How can a recovery plan be defined? In case of an emergency, a recovery plan documents the chronological order in which necessary tasks have to be processed in the IT system. In which order are the separate IT systems switched on? When is it necessary to take a break so that systems can replicate themselves? Which functions might have to be checked during start-up? Perhaps a script has to be started manually? Have all the services of a specific IT system been booted up? This is because any systems depending on these services must not be started beforehand. This may also include IT systems in a server room or data centre. They too have to be taken into consideration. Make a note of the start-up process of your IT systems in chronological order. Network switches, storage areas (SAN or NAS) and a directory service will appear at the top of the list. In most cases the whole environment will depend on them. Maybe a management server responsible for the storage system needs to be started beforehand.
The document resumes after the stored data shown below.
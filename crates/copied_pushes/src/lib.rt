// The pushes of a type that stands elsewhere: its bytes are copied to the stack's end, from another slice or from further up in the area.
#![tactic(auto)]

ghost use Rattle.std.specs.Prelude.{◌≡◌, ◌∷◌, ◌+◌, ◌≤◌, length};
ghost use Rattle.type_stack.specs.Held.{Stacked, Part, part, entered};
ghost use Rattle.type_stack.specs.Pushing.{PushesTo};

use status::{PartialVMResult, StatusCode};

// Writes an entry of the type of these bytes, for which there is room. Answers the weight after it.
#[tactic(auto, using(type_stack::specs::Pushing::sealed, type_stack::specs::Spliced::lent_part))]
pub fn write_part(area: &mut [u8], weight: usize, bytes: &[u8]) -> usize
    requires { (length bytes.now ≤ 65535) × (weight + (length bytes.now + 2) ≤ length area.old) }
    ensures { (result ≡ weight + (length bytes.now + 2)) × (area.new ≡ entered area.old weight bytes.now) }
{
    let len = bytes.len();
    byte_parts::copy(&mut area[weight..weight + len], bytes);
    type_pushes::seal(area, weight, len)
}

// Pushes the type of these bytes.
#[tactic(auto, using(type_stack::specs::Pushing::pushing))]
pub fn push_part(area: &mut [u8], weight: usize, bytes: &[u8]) -> PartialVMResult<usize>
    requires stacked { Stacked area.old weight }
    requires short { length bytes.now ≤ 65535 }
    ensures { PushesTo bytes.now area.old weight area.new result }
{
    if area.len() - weight < bytes.len() + 2 {
        return Err(StatusCode::NO_ROOM);
    }
    Ok(write_part(area, weight, bytes))
}

// Pushes the type of a first byte over the type of these bytes: a reference to it, or a vector of it.
#[tactic(auto, using(type_stack::specs::Pushing::pushing, type_stack::specs::Spliced::lent_part))]
pub fn push_wrapped(
    area: &mut [u8],
    weight: usize,
    command: u8,
    bytes: &[u8],
) -> PartialVMResult<usize>
    requires stacked { Stacked area.old weight }
    requires short { length bytes.now ≤ 65535 }
    ensures { PushesTo (command ∷ bytes.now) area.old weight area.new result }
{
    let len = bytes.len() + 1;
    if area.len() - weight < len + 2 {
        return Err(StatusCode::NO_ROOM);
    }
    type_pushes::put_command(area, weight, command);
    byte_parts::copy(&mut area[weight + 1..weight + len], bytes);
    Ok(type_pushes::seal(area, weight, len))
}

// Pushes the type that stands higher up in the area itself, from `from` to `to`, with room for a length behind it. ReadRef's: the popped
// reference's referent.
#[tactic(auto, using(type_stack::specs::Pushing::pushing, type_stack::specs::Spliced::moved, type_stack::specs::Held::part_length))]
pub fn push_within(area: &mut [u8], weight: usize, from: usize, to: usize) -> PartialVMResult<usize>
    requires stacked { Stacked area.old weight }
    requires weight_le_from { (weight ≤ from) × Part area.old from to × (to + 2 ≤ length area.old) }
    ensures { PushesTo (part area.old from to) area.old weight area.new result }
{
    area.copy_within(from..to, weight);
    Ok(type_pushes::seal(area, weight, to - from))
}
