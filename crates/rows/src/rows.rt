// The table by kind.
ghost use Rattle.rows.specs.Rows.{IsRow};

use rules::kinds::Kind;
use rules::kinds::Meaning::{
    self, Address, HostPart, Lo, LocationLo, Long, OptionalAddress, Owner, Port, Prefix,
    RecordType, Short, Target, Text, Time, Ttl,
};

// What the table has of a kind: how many fields, a column of its own, the default ttl, and each field's meaning.
#[derive(Clone, Copy)]
pub struct Row {
    pub count: usize,
    pub ttl: u32,
    pub meanings: &'static [Meaning],
}

// A row for each kind, in the order of their numbers.
static TABLE: [Row; 13] = [
    Row {
        count: 2,
        ttl: 0,
        meanings: &[LocationLo, Prefix],
    },
    Row {
        count: 6,
        ttl: 259200,
        meanings: &[Owner, OptionalAddress, HostPart, Ttl, Time, Lo],
    },
    Row {
        count: 6,
        ttl: 259200,
        meanings: &[Owner, OptionalAddress, HostPart, Ttl, Time, Lo],
    },
    Row {
        count: 5,
        ttl: 86400,
        meanings: &[Owner, Address, Ttl, Time, Lo],
    },
    Row {
        count: 5,
        ttl: 86400,
        meanings: &[Owner, Address, Ttl, Time, Lo],
    },
    Row {
        count: 7,
        ttl: 86400,
        meanings: &[Owner, OptionalAddress, HostPart, Short, Ttl, Time, Lo],
    },
    Row {
        count: 9,
        ttl: 86400,
        meanings: &[
            Owner,
            OptionalAddress,
            HostPart,
            Port,
            Short,
            Short,
            Ttl,
            Time,
            Lo,
        ],
    },
    Row {
        count: 5,
        ttl: 86400,
        meanings: &[Owner, Text, Ttl, Time, Lo],
    },
    Row {
        count: 5,
        ttl: 86400,
        meanings: &[Owner, Target, Ttl, Time, Lo],
    },
    Row {
        count: 5,
        ttl: 86400,
        meanings: &[Owner, Target, Ttl, Time, Lo],
    },
    Row {
        count: 11,
        ttl: 2560,
        meanings: &[
            Owner, Target, Target, Long, Long, Long, Long, Long, Ttl, Time, Lo,
        ],
    },
    Row {
        count: 6,
        ttl: 86400,
        meanings: &[Owner, RecordType, Text, Ttl, Time, Lo],
    },
    Row {
        count: 0,
        ttl: 0,
        meanings: &[],
    },
];

pub fn row_of(kind: Kind) -> Row
    ensures { IsRow kind result }
{
    TABLE[kind as usize]
}
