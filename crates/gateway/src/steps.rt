//! The calls of a gateway whose record keeps the rules: a message is given and led to its handler, and
//! the next one is asked for.
ghost use Rattle.std.specs.Prelude.{◌≡◌, true, IfOk, OnErr, ◌<◌};
ghost use Rattle.basis.specs.Refusals.{answered};
ghost use Rattle.message.specs.Messages.{to_device};
ghost use Rattle.message.specs.Enums.{device_message, reading_of};
ghost use Rattle.codec.specs.Answers.{sent};
ghost use Rattle.gateway_record.specs.Record.{record_ok, call_refusal};
ghost use Rattle.gateway_rules.specs.Rules.{receive_of, wanted, next_message_of};
ghost use Rattle.gateway.specs.Sound.{outcome_of, Unchanged};

use crate::messages::say;
use crate::sound::SoundGateway;
use basis::{Refusal, require};
use gateway_record::{Gateway, Phase};
use message::{Fields, ToDevice, ToGateway};

// The fields, whose check code is known to be a WORD.
fn known(fields: Fields) -> Fields
    ensures same { result ≡ fields }
    ensures range { result.code < 65536 }
{
    fields
}

impl SoundGateway {
    // What a call is refused for before anything is done: ShortReply, BadMemory.
    #[tactic(auto, unfolding(basis::specs::Choice::refusal, basis::specs::Choice::pick))]
    fn ready(&self, content: usize, reply: usize) -> Result<(), Refusal>
        ensures rule { answered result ≡ call_refusal self.now content reply }
        ensures sound { record_ok self.now ≡ true }
    {
        let whole = content == self.as_record().length;
        require(Gateway::REPLY_ROOM <= reply, Refusal::ShortReply)?;
        require(whole, Refusal::BadMemory)
    }

    /// A message is given. The package is lent as it was at the start. The answer is the length of the
    /// reply at the front of its buffer, 0 where there is none.
    ///
    /// # Errors
    ///
    /// `ShortReply`, `BadMemory`, then what is not read (`Unsupported` to `BadData`), then `NoUse` in
    /// this phase. Nothing is changed, and nothing written.
    #[tactic(auto, unfolding(gateway_rules::specs::Rules::receive_of, gateway_rules::specs::Rules::handle, message::specs::Messages::gateway_row, basis::specs::Choice::refusal, basis::specs::Choice::pick))]
    pub fn receive(
        &mut self,
        supported: bool,
        pcp: bool,
        message: &[u8],
        content: &[u8],
        reply: &mut [u8],
    ) -> Result<usize, Refusal>
        ensures rule { outcome_of result self.new reply.new
            ≡ receive_of self.old content.now reply.old supported pcp message.now }
        ensures err { OnErr result (Unchanged self.old self.new reply.old reply.new) }
    {
        self.ready(content.len(), reply.len())?;
        let message = codec::read_to_gateway(supported, pcp, message)?;
        match message {
            ToGateway::QueryReply { .. } => self.on_query_reply(message),
            ToGateway::AnnounceReply(_) => self.on_announce_reply(message),
            ToGateway::FragmentRequest { .. } => self.on_fragment_request(message, content, reply),
            ToGateway::DownloadReport(_) => self.on_download_report(message, reply),
            ToGateway::ExecuteReply(_) => self.on_execute_reply(message),
            ToGateway::ResultReport { .. } => self.on_result_report(message, reply),
        }
    }

    // The message of the phase, or why there is none.
    #[tactic(auto, using(crate::proofs::Totals::announced_total_ok), unfolding(gateway_rules::specs::Rules::wanted, gateway_record::specs::Record::record_ok, gateway_record::specs::Record::length_ok, message::specs::Messages::device_row, message::specs::Limits::size_ok, message::specs::Limits::is_word, basis::specs::Choice::pick))]
    fn wanted(&self) -> Result<ToDevice<'_>, Refusal>
        ensures rule { reading_of device_message result ≡ wanted self.now }
        ensures sayable { IfOk result (λ m. to_device.valid (device_message m) ≡ true) }
    {
        match self.phase() {
            Phase::Ask => Ok(ToDevice::Query),
            Phase::Offer => Ok(ToDevice::Announce(known(self.as_record().fields))),
            Phase::Run => Ok(ToDevice::Execute),
            Phase::Serve | Phase::Ended => Err(Refusal::NoUse),
        }
    }

    /// The gateway is asked for its next message: the answer is its length, at the front of the buffer.
    ///
    /// # Errors
    ///
    /// `ShortReply`, `BadMemory`, then `NoUse` where the phase has nothing to say. Nothing is written.
    #[tactic(auto, unfolding(gateway_rules::specs::Rules::next_message_of, codec::specs::Codec::said, basis::specs::Choice::refusal, basis::specs::Choice::pick))]
    pub fn next_message(&self, content: &[u8], reply: &mut [u8]) -> Result<usize, Refusal>
        ensures rule { sent result reply.new ≡ next_message_of self.now content.now reply.old }
        ensures err { OnErr result (reply.new ≡ reply.old) }
    {
        self.ready(content.len(), reply.len())?;
        say(&self.wanted()?, reply)
    }
}
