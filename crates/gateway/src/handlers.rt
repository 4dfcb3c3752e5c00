//! The six messages to the gateway, a handler each. Any message but the one expected leaves by its
//! `let .. else`, with 9. That a reply has room, each handler that says one asks for, since a short
//! buffer is refused before anything is done; package and reply are lent one by one, as hosts do.
ghost use Rattle.std.specs.Prelude.{◌≡◌, OnErr, List, ℕ, ◌≤◌, length};
ghost use Rattle.message.specs.Limits.{gateway_room};
ghost use Rattle.message.specs.Enums.{gateway_message};
ghost use Rattle.gateway.specs.Sound.{outcome_of, Unchanged};
ghost use Rattle.gateway.specs.Handlers.{handle_only};

use crate::messages::say;
use crate::sound::SoundGateway;
use basis::{Refusal, require};
use gateway_decisions::{fragment_result, install_ending, is_target};
use gateway_record::{Ending, Gateway, Phase, fragment};
use message::{ToDevice, ToGateway};

impl SoundGateway {
    // An answered query in Ask: the target already runs, which ends with 1, else Offer.
    #[tactic(auto, unfolding(gateway_rules::specs::Rules::handle, gateway_rules::specs::Rules::on_query_reply, gateway_rules::specs::Decisions::after_query, message::specs::Messages::gateway_row, basis::specs::Choice::pick))]
    pub(crate) fn on_query_reply(&mut self, message: ToGateway) -> Result<usize, Refusal>
        ensures rule { (content reply : List ℕ) → outcome_of result self.new reply
            ≡ handle_only 19 self.old content reply (gateway_message message) }
        ensures err { OnErr result (self.new ≡ self.old) }
    {
        let ToGateway::QueryReply { version, .. } = message else {
            return Err(Refusal::NoUse);
        };
        require(self.phase() == Phase::Ask, Refusal::NoUse)?;
        if is_target(self.as_record().fields, version) {
            self.end(Ending::AlreadyRunning);
        } else {
            self.enter(Phase::Offer);
        }
        Ok(0)
    }

    // An answered announcement in Offer: 00 to Serve, else ends with 2.
    #[tactic(auto, unfolding(gateway_rules::specs::Rules::handle, gateway_rules::specs::Rules::on_announce_reply, message::specs::Messages::gateway_row, basis::specs::Choice::pick))]
    pub(crate) fn on_announce_reply(&mut self, message: ToGateway) -> Result<usize, Refusal>
        ensures rule { (content reply : List ℕ) → outcome_of result self.new reply
            ≡ handle_only 20 self.old content reply (gateway_message message) }
        ensures err { OnErr result (self.new ≡ self.old) }
    {
        let ToGateway::AnnounceReply(code) = message else {
            return Err(Refusal::NoUse);
        };
        require(self.phase() == Phase::Offer, Refusal::NoUse)?;
        if code == 0x00 {
            self.enter(Phase::Serve);
        } else {
            self.end(Ending::NotAccepted);
        }
        Ok(0)
    }

    // A request for a fragment: the fragment, straight from the package, or a result alone.
    #[tactic(auto, using(crate::proofs::Totals::fragment_there, crate::proofs::Totals::no_fragment), unfolding(gateway_rules::specs::Rules::handle, gateway_rules::specs::Rules::on_fragment_request, gateway_rules::specs::Rules::fragment_reply, gateway_record::specs::Record::record_ok, gateway_record::specs::Record::fragment_of, message::specs::Messages::device_row, message::specs::Messages::gateway_row, message::specs::Limits::size_ok, message::specs::Limits::is_word, codec::specs::Codec::said, basis::specs::Choice::pick))]
    pub(crate) fn on_fragment_request(
        &self,
        message: ToGateway,
        content: &[u8],
        reply: &mut [u8],
    ) -> Result<usize, Refusal>
        requires room { gateway_room ≤ length reply.old }
        requires package { length content.now ≡ self.now.length }
        ensures rule { outcome_of result self.now reply.new
            ≡ handle_only 21 self.now content.now reply.old (gateway_message message) }
        ensures err { OnErr result (reply.new ≡ reply.old) }
    {
        let ToGateway::FragmentRequest { version, index } = message else {
            return Err(Refusal::NoUse);
        };
        let Gateway { phase, fields, .. } = self.as_record();
        let result = fragment_result(phase, fields, version, index);
        if result != 0x00 {
            let denied = ToDevice::Fragment {
                result,
                index,
                content: b"",
            };
            return say(&denied, reply);
        }
        let given = ToDevice::Fragment {
            result,
            index,
            content: fragment(content, fields.size, index),
        };
        say(&given, reply)
    }

    // A reported download in Serve: 00 to Run, other codes end with 3; the reply is 00. In Run the reply
    // is 00, else 80.
    #[tactic(auto, unfolding(gateway_rules::specs::Rules::handle, gateway_rules::specs::Rules::on_download_report, message::specs::Messages::device_row, message::specs::Messages::gateway_row, codec::specs::Codec::said, basis::specs::Choice::one_of, basis::specs::Choice::pick))]
    pub(crate) fn on_download_report(
        &mut self,
        message: ToGateway,
        reply: &mut [u8],
    ) -> Result<usize, Refusal>
        requires { gateway_room ≤ length reply.old }
        ensures rule { (content : List ℕ) → outcome_of result self.new reply.new
            ≡ handle_only 22 self.old content reply.old (gateway_message message) }
        ensures err { OnErr result (Unchanged self.old self.new reply.old reply.new) }
    {
        let ToGateway::DownloadReport(code) = message else {
            return Err(Refusal::NoUse);
        };
        match self.phase() {
            Phase::Serve if code == 0x00 => self.enter(Phase::Run),
            Phase::Serve => self.end(Ending::DownloadFailed),
            Phase::Run => {}
            _ => return say(&ToDevice::DownloadReply(0x80), reply),
        }
        say(&ToDevice::DownloadReply(0x00), reply)
    }

    // An answered order to install in Run: 00 changes nothing, else ends with 4.
    #[tactic(auto, unfolding(gateway_rules::specs::Rules::handle, gateway_rules::specs::Rules::on_execute_reply, message::specs::Messages::gateway_row, basis::specs::Choice::pick))]
    pub(crate) fn on_execute_reply(&mut self, message: ToGateway) -> Result<usize, Refusal>
        ensures rule { (content reply : List ℕ) → outcome_of result self.new reply
            ≡ handle_only 23 self.old content reply (gateway_message message) }
        ensures err { OnErr result (self.new ≡ self.old) }
    {
        let ToGateway::ExecuteReply(code) = message else {
            return Err(Refusal::NoUse);
        };
        require(self.phase() == Phase::Run, Refusal::NoUse)?;
        if code != 0x00 {
            self.end(Ending::NotExecuted);
        }
        Ok(0)
    }

    // A reported install in Run: ends with 0 or 5; the reply is 00. In other phases 80.
    #[tactic(auto, unfolding(gateway_rules::specs::Rules::handle, gateway_rules::specs::Rules::on_result_report, message::specs::Messages::device_row, message::specs::Messages::gateway_row, codec::specs::Codec::said, basis::specs::Choice::one_of, basis::specs::Choice::pick))]
    pub(crate) fn on_result_report(
        &mut self,
        message: ToGateway,
        reply: &mut [u8],
    ) -> Result<usize, Refusal>
        requires { gateway_room ≤ length reply.old }
        ensures rule { (content : List ℕ) → outcome_of result self.new reply.new
            ≡ handle_only 24 self.old content reply.old (gateway_message message) }
        ensures err { OnErr result (Unchanged self.old self.new reply.old reply.new) }
    {
        let ToGateway::ResultReport { result, version } = message else {
            return Err(Refusal::NoUse);
        };
        if self.phase() != Phase::Run {
            return say(&ToDevice::ResultReply(0x80), reply);
        }
        self.end(install_ending(self.as_record().fields, result, version));
        say(&ToDevice::ResultReply(0x00), reply)
    }
}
Who knows this apart from the administrator?
Classify your IT systems for a structured recovery
Business-critical systems such as ERP databases, email servers such as Lotus Notes or Microsoft Exchange, and security gateways are next. Less critical systems such as management servers, VPN, etc. follow. It doesn’t necessarily require an emergency for these plans to be used, they can also be used during maintenance, if only to verify and run their content. Depending on the company size, I think it makes sense to have three criticality levels – high, normal, and low. This enables you to divide the plan and structure it more easily. Feedback could be sent to the managers, for example, if all systems of a level are running again, which won’t mean the work is done, but the relevant managers will at least be reassured.
Make use of maintenance works on building systems
Using these plans can also become necessary if all devices have to be switched off due to maintenance on the power supply network or HVAC. If there is no system redundancy this maintenance work will be interesting, to say the least. After all, who is fortunate enough to have 100% redundant HVAC? Checklists should be created for recovery plans. Ideally, each task should include the time needed so it is possible to estimate how long it will take before normal operation can be expected to resume. Your bosses will thank you if you can provide a prompt update. Saying “I don’t know” won’t help you. Who else is supposed to know?
Conversely, you can make use of scheduled test runs on your IT systems to carry out maintenance on your building systems, whether it’s the power supply network, HVAC or cleaning. This is also a good time to carry out maintenance work on server hardware and operating systems. While the time frame will be increased, a number of tasks can be carried out at the same time. That way you’ll create a regular schedule for updating and maintaining your systems and technology, which simplifies your change management.
Recovery plans also help if only a single system has to be restored after a failure, or if it has to be restarted due to maintenance work. In such cases, it isn’t necessary to process the whole plan, but only the relevant part for the affected IT system.
Up-to-date plans
It is extremely important that recovery plans are up-to-date. Therefore, it’s not enough to revise them once a year. This has to be done regularly, every time a new device is put into operation, which is also the right time to adapt and extend the recovery, or shorten it if a device is deactivated. Otherwise have fun searching when the recovery plan is used. The durations of the individual tasks have to be at least estimated, but it would be even better to carry out one complete run as part of the IT system’s start-up process.
Once a year – every other year at the latest – the whole recovery plan should be tested as part of a practical exercise. Needless to say, the points for the system and data recovery don’t have to be part of this. This should be done during the year, using suitable test systems.
It’s important to document the results of all the tasks in the recovery plans that have been carried out so the plans can be optimised. This means setting up a control system to improve tasks and durations, and a continuous improvement process (CIP) will be initiated. The test runs also help gain insights into the common network configuration so that potential improvements can be made.
Support provided by Docusnap
The premium documentation suite Docusnap helps you to create a recovery plan. A template can be found under IT Concepts which enables you to create an electronic recovery plan within Docusnap, expand the plan with graphics and inventory data from your IT systems, and keep creating reports.
Don’t forget where these plans are saved or where the print-outs can be found. In case of an emergency you won’t have time to search for them. You could also synchronise the plans with a tablet.